The config file is a simple tab-delimited file that has three columns, the path to the folder produced by rapidStats, the name of the experiment, and list of regions need to be corrected in TCS based normalization. Each line is one dataset that should be included in the Normalization. Later these normalized statistics can be used to make comparison plots using rapidVis.

Config file format

location name background
/Control1/ Ctrl1 none
/Control2/ Ctrl2 none
/Condition1/ Cond1 geneA,geneB
/Condition2/ Cond2 none

geneA,geneB - Gene names provided as background should be same as provided in the rapidStats bed file.

rapidVis

The visualization module of RAPID is a simple R script, which creates informative plots from the output of rapidStats, and rapidNorm.

Input

  • Path of the output folder from rapidStats, and rapidNorm
  • BED file containing the localization and names of genes/regions need to be visualized. Care should be taken to include only the gene/regions which were quantified in rapidStats

Sample script:

Generic Format:

`Rscript rapidVis.r <plotMethod> <outputfolder> <annotationfile> <rapidPath>`

If you want to plot rapidStats output:

Rscript ${rapidPath}/rapidVis.r stats /path_to_output_directory_rapidStats/ regions.bed <$rapid>

If you want to plot rapidNorm output:

Rscript ${rapidPath}/rapidVis.r compare /path_to_output_directory_rapidNorm/ <$rapid>
arguments explanation
plotMethod stats OR compare-use stats to visualize rapidStats or use compare to visualize results of rapidNorm
out outputFolder_of_rapidStats.sh or rapidNorm.sh (Where Statistics and other files are located)
annot Annotation file similar to BED file given in rapidStats
rapidPath Must provide the location of the rapid installation bin folder (e.g. /home/software/RAPID/bin/)

rapidDiff

This module of RAPID implements DESeq2 software and generate basic graphs to highlight the differentially expressed gene/region among the samples.

Input

  • Path of the output folder from rapidStats
  • Config file describing the DESeq2 analysis setup

Sample script:

Generic Format:

./rapidDiff.sh --out=complete/path/outputDirectory/ --conf=data.config

If a different q-value cut-off is required:

./rapidDiff.sh --out=complete/path/outputDirectory/ --conf=data.config --alpha=0.01
If only reads of length 23bp, and 25bp should be considered: ::
./rapidDiff.sh –out=complete/path/outputDirectory/ –conf=data.config –alpha=0.01 -l=23,25
short long params explanation
-h –help output help
-o –out path to the output directory, directory will be created if non-existent
-c –conf the config file that defines which rapidStats analysis folders should be used for extracting the raw counts of gene/regions analyzed
-a –alpha qValue (adjusted p-value) cut-off to highlight in MA-Plot. Default is 0.05
-n –nVal Top ‘n’ values to be shown as heatmap. The top ‘n’ values are chosen in ascending order of qValue
-r –rapid set location of the rapid installation bin folder (e.g. /home/software/RAPID/bin/) or put into PATH variable
-l –restrictlength An INTEGER of Read Lengths to be considered (Default: All). Separate multiple values by commas.

Config file format

sampleName location condition
Control1 Ctrl1 untreated
Condition1 Cond1 treated

This config file is a simple tab-delimited file that has three columns, with the same headers as mentioned in the above format.

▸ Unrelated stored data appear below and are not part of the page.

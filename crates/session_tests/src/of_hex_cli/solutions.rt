//! Mode `solve`: who wins the position of a record, and certificates for mode `check`.

use super::runs::{ample, check, run_of};
use super::tables::{bytes_of, check_rows};
use std::test::Fail;

static ANSWERS: &str = "\
budget-one|solve --hsearch off --budget 1|(;GM[11]SZ[2])|0|unknown 1~
first-empty-cell|solve --best on --hsearch off --budget 1|(;GM[11]SZ[2];B[a1])|0|unknown 1~best b1~
best-of-connections|solve --best on --budget 1|(;GM[11]SZ[4];B[d1])|0|unknown 1~best c2~
no-best-cell|solve --best off --hsearch off --budget 1|(;GM[11]SZ[2];B[a1])|0|unknown 1~
over-already|solve|(;GM[11]SZ[1];B[a1])|0|over black~
no-record|solve||1|not a game~";

/// Names, words, records, the first lines of the texts, the first lines of the certificates, which
/// are all the rest, and what mode `check` answers to these.
static WON: &str = "\
budget-for-four-cells|solve --hsearch off --budget 65|(;GM[11]SZ[2])|won black~|hexcert 2~|yes semi~
the-other-moves|solve|(;GM[11]SZ[2];B[a2])|won black~|hexcert 2~|yes full~
no-best-cell-of-a-win|solve --best on|(;GM[11]SZ[2];B[a2])|won black~|hexcert 2~|yes full~
found-for-the-other|solve|(;GM[11]SZ[5];B[e2])|won black~|hexcert 4~|yes full~
found-for-the-mover|solve|(;GM[11]SZ[5];B[a3])|won white~|hexcert 3~|yes semi~
semi-at-the-root|solve --budget 1|(;GM[11]SZ[4]AB[a1][a2][a3])|won black~|hexcert 2~|yes semi~";

#[test]
fn solutions(rt: HostRuntime) -> Result<(), Fail> {
    let alloc = rt.alloc();
    check_rows(&rt, ANSWERS)?;
    for line in WON.lines() {
        let mut fields = line.split('|');
        let name = fields.next().ok_or("a name")?;
        let words = fields.next().ok_or("words")?;
        let record = bytes_of(alloc, fields.next().ok_or("a record")?)?;
        let head = bytes_of(alloc, fields.next().ok_or("a line")?)?;
        let version = bytes_of(alloc, fields.next().ok_or("a version")?)?;
        let verdict = bytes_of(alloc, fields.next().ok_or("a verdict")?)?;
        let left = run_of(&rt, &ample(words, &record))?;
        assert_eq!(rt; left.status, 0, "{name}");
        let certificate = left
            .link
            .given()
            .strip_prefix(head.as_slice())
            .ok_or("a winner")?;
        assert!(rt; certificate.starts_with(&version), "{name}");
        check(&rt, name, &ample("check", certificate), &verdict, 0)?;
    }
    Ok(())
}
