//! Runs that search: sessions, simulated schedules, and the large position.

use super::runs::{Case, ample, check, run_of};
use super::tables::{bytes_of, check_rows};
use hex_cells::{Size, read_vertex};
use std::test::Fail;
use tree_words::layout::{
    FRONT_WORDS, HEADER_WORDS, LINK_WORD, NODE_WORDS, RECORDS_AT, TALLY_WORD,
};
use tree_words::{Closed, report, visits_of};

// In the position of size 5 and seed 1 the mover has no move but b3 that wins: of each other one
// `solve` says that the other player wins. His connections don't show the win, and no cell but b3
// lies in all threats.
static SEARCHES: &str = "\
forced-win|htp --hsearch off --playouts 4|\
    boardsize 2~play b a2~play w b2~genmove b~search-report~winner~|0|\
    = ~~= ~~= ~~= a1~~= playouts 4~a1 2 2~b1 2 2~~= black~~
ten-on-one-cell|htp --hsearch off --playouts 10|boardsize 1~genmove b~search-report~|0|\
    = ~~= a1~~= playouts 10~a1 10 10~~
one-cell|htp|boardsize 1~mustplay~genmove b~mustplay~search-report~clear_board~mustplay~\
    wincert~|0|\
    = ~~? no search~~= a1~~= win a1~~? no search~~= ~~= win a1~~\
    = hexcert 1~size 1~player black~black~white~adj edge1 a1~adj edge2 a1~key 1 0~semi 2~~
lost-by-two-threats|htp --playouts 1|boardsize 2~play b a2~genmove w~mustplay~wincert~|0|\
    = ~~= ~~= a1~~= lost yes~allowed a1 b1 b2~threat a1~threat b1~~\
    = hexcert 2~size 2~player black~black a2~white~adj edge1 a1~adj edge2 a1~adj edge1 b1~\
    adj edge2 b1~key 1 0~key 3 2~or 5 4~full 6~~
no-connections|htp --hsearch off --playouts 1|boardsize 2~play b a2~genmove w~mustplay~|0|\
    = ~~= ~~= a1~~= lost no~allowed a1 b1 b2~~
one-turn|htp --hsearch off --playouts 1|boardsize 2~genmove b~search-report~mustplay~wincert~\
    play b a2~genmove w~search-report~|0|\
    = ~~= a1~~= playouts 1~a1 1 0~b1 0 0~a2 0 0~b2 0 0~~= lost no~allowed a1 b1 a2 b2~~\
    ? no certificate~~= ~~? game over~~= playouts 1~a1 1 0~b1 0 0~a2 0 0~b2 0 0~~
sim-one|sim --size 1 --workers 3 --playouts 10 --steps 100||0|best a1~playouts 10~a1 10 10~
sim-4|sim --size 2 --playouts 4||0|best a1~playouts 4~a1 1 0~b1 1 1~a2 1 1~b2 1 1~
sim-by-3|sim --size 2 --workers 3 --playouts 20 --steps 100||0|\
    best a2~playouts 20~a1 4 2~b1 6 5~a2 7 6~b2 3 2~
sim-100|sim --size 2 --playouts 100||0|best a2~playouts 100~a1 14 7~b1 32 20~a2 48 35~b2 6 1~
bench-one|bench --size 1 --playouts 5||0|size 1~stones 0~playouts 5~records 5~best a1 5~
bench-by-4|bench --size 2 --playouts 8 --workers 4||0|size 2~stones 1~playouts 8~records 8~
bench-12|bench --size 2 --playouts 12 --expand 1||0|\
    size 2~stones 1~playouts 12~records 12~best a1 6~
bench-6|bench --size 6 --playouts 20 --workers 2 --seed 154||0|\
    size 6~stones 10~playouts 20~records 20~
bench-large|bench --size 11 --playouts 100000 --workers 8 --seed 5||0|\
    size 11~stones 40~playouts 100000~records 100000~
bench-won|bench --size 1 --playouts 5 --look 3||0|size 1~stones 0~win a1~
bench-without-connections|bench --size 1 --playouts 5 --hsearch off --solve 9 --look 3||0|\
    size 1~stones 0~playouts 5~records 5~best a1 5~
bench-one-allowed|bench --size 5 --seed 1 --playouts 12 --look 3||0|\
    size 5~stones 8~playouts 12~records 12~best b3 12~
bench-one-wins|bench --size 5 --seed 1 --solve 10000||0|size 5~stones 8~win b3~";

static ONE_INPUT: &str = "boardsize 2~search-report~genmove b~search-report~wincert~";

static ONE_GIVEN: &str = "= ~~? no search~~= a1~~= playouts 1~a1 1 0~b1 0 0~a2 0 0~b2 0 0~~\
? no certificate~~";

#[test]
fn searches(rt: HostRuntime) -> Result<(), Fail> {
    check_rows(&rt, SEARCHES)?;
    let input = bytes_of(rt.alloc(), ONE_INPUT)?;
    let given = bytes_of(rt.alloc(), ONE_GIVEN)?;
    for words in [
        "htp --hsearch off --playouts 1 --seed 0",
        "htp --hsearch off --playouts 1 --seed 0 --workers 4",
        "htp --hsearch off --playouts 1 --seed 0 --workers 64",
    ] {
        check(&rt, words, &ample(words, &input), &given, 0)?;
    }
    let words = "sim --size 3 --workers 3 --playouts 200 --steps 300 --seed 9";
    let first = run_of(&rt, &ample(words, b""))?;
    assert_eq!(rt; first.status, 0, "sim-twice");
    check(&rt, "sim-twice", &ample(words, b""), first.link.given(), 0)
}

/// `four-playouts`: each child of the root has one visit.
#[test]
fn four_playouts(rt: HostRuntime) -> Result<(), Fail> {
    let case = ample(
        "htp --hsearch off --playouts 4",
        b"boardsize 2\ngenmove b\n",
    );
    let left = run_of(&rt, &case)?;
    assert_eq!(rt; left.link.given(), b"= \n\n= a1\n\n".as_slice());
    let turn = left.archive.turns().first().ok_or("a turn")?;
    let rows = report(rt.alloc(), turn.closed().ok_or("a tree")?)?;
    assert_eq!(rt; rows.len(), 4);
    for row in &rows {
        assert_eq!(rt; row.visits, 1);
    }
    Ok(())
}

/// `many-turns`: no turn leaves less memory to those after it.
#[test]
fn many_turns(rt: HostRuntime) -> Result<(), Fail> {
    let alloc = rt.alloc();
    let (mut input, mut given) = (Vec::new(alloc), Vec::new(alloc));
    for _ in 0..500 {
        input.extend_from_slice(b"genmove b\nundo\n")?;
        given.extend_from_slice(b"= a1\n\n= \n\n")?;
    }
    for words in [
        "htp --size 2 --hsearch off --playouts 1 --words 1024",
        "htp --size 1",
    ] {
        let case = Case {
            room: 500,
            ..ample(words, &input)
        };
        check(&rt, "many-turns", &case, &given, 0)?;
    }
    Ok(())
}

/// How many of `count` words are not 0, of which the first is at `first` and each next one is
/// `apart` words behind the one before.
fn count_words(words: &[u64], first: usize, apart: usize, count: usize) -> usize {
    let mut at = first;
    let mut found: usize = 0;
    for _ in 0..count {
        if words.get(at).is_some_and(|word| *word != 0) {
            found = found.saturating_add(1);
        }
        at = at.saturating_add(apart);
    }
    found
}

/// How many blocks are linked to the nodes of the block at this word.
fn links_of(closed: &Closed, block: usize) -> usize {
    let first = block.saturating_add(HEADER_WORDS + LINK_WORD);
    count_words(closed.words(), first, NODE_WORDS, 120)
}

/// `full-area`: the block area has room for the root's block and one more.
#[test]
fn full_area(rt: HostRuntime) -> Result<(), Fail> {
    let case = ample("htp --hsearch off --words 1024 --workers 8", b"genmove b\n");
    let left = run_of(&rt, &case)?;
    assert_eq!(rt; left.status, 0);
    let turn = left.archive.turns().first().ok_or("a turn")?;
    let closed = turn.closed().ok_or("a tree")?;
    let words = closed.words();
    let playouts = 10_000;
    assert_eq!(rt; count_words(words, RECORDS_AT, 1, playouts), playouts);
    let tally = words
        .get(RECORDS_AT + playouts + TALLY_WORD)
        .ok_or("a word")?;
    assert_eq!(rt; visits_of(*tally), 10_000);
    let root_block = FRONT_WORDS + playouts;
    assert_eq!(rt; links_of(closed, root_block), 1);
    let more = root_block + HEADER_WORDS + NODE_WORDS * 121;
    assert_eq!(rt; links_of(closed, more), 0);
    Ok(())
}

/// `large-board`: a move with connections on the largest board.
#[test]
fn large_board(rt: HostRuntime) -> Result<(), Fail> {
    let case = Case {
        piece: 1_000,
        ..ample(
            "htp --playouts 100",
            b"play b f6\nplay w e7\ngenmove b\nmustplay\n",
        )
    };
    let left = run_of(&rt, &case)?;
    assert_eq!(rt; left.status, 0);
    let given = left.link.given();
    let rest = given
        .strip_prefix(b"= \n\n= \n\n= ".as_slice())
        .ok_or("two moves")?;
    let end = rest.iter().position(|byte| *byte == b'\n').unwrap_or(0);
    let (vertex, mustplay) = rest.split_at(end.min(rest.len()));
    assert!(rt; read_vertex(vertex, Size::of(11).ok_or("no size")?).is_some());
    assert!(rt; vertex != b"f6".as_slice() && vertex != b"e7".as_slice());
    assert!(rt; mustplay.starts_with(b"\n\n= ") && mustplay.ends_with(b"\n\n"));
    Ok(())
}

sampleName tells the name to be used in the analysis output. location tells the location of rapidStats analysis folders should be used for extracting the raw counts of gene/regions analyzed (USE ONLY ABSOLUTE PATH) condition tells whether the sample is untreated or treated sample. For example, Use treated drug treated cancerous samples and untreated for cancer samples.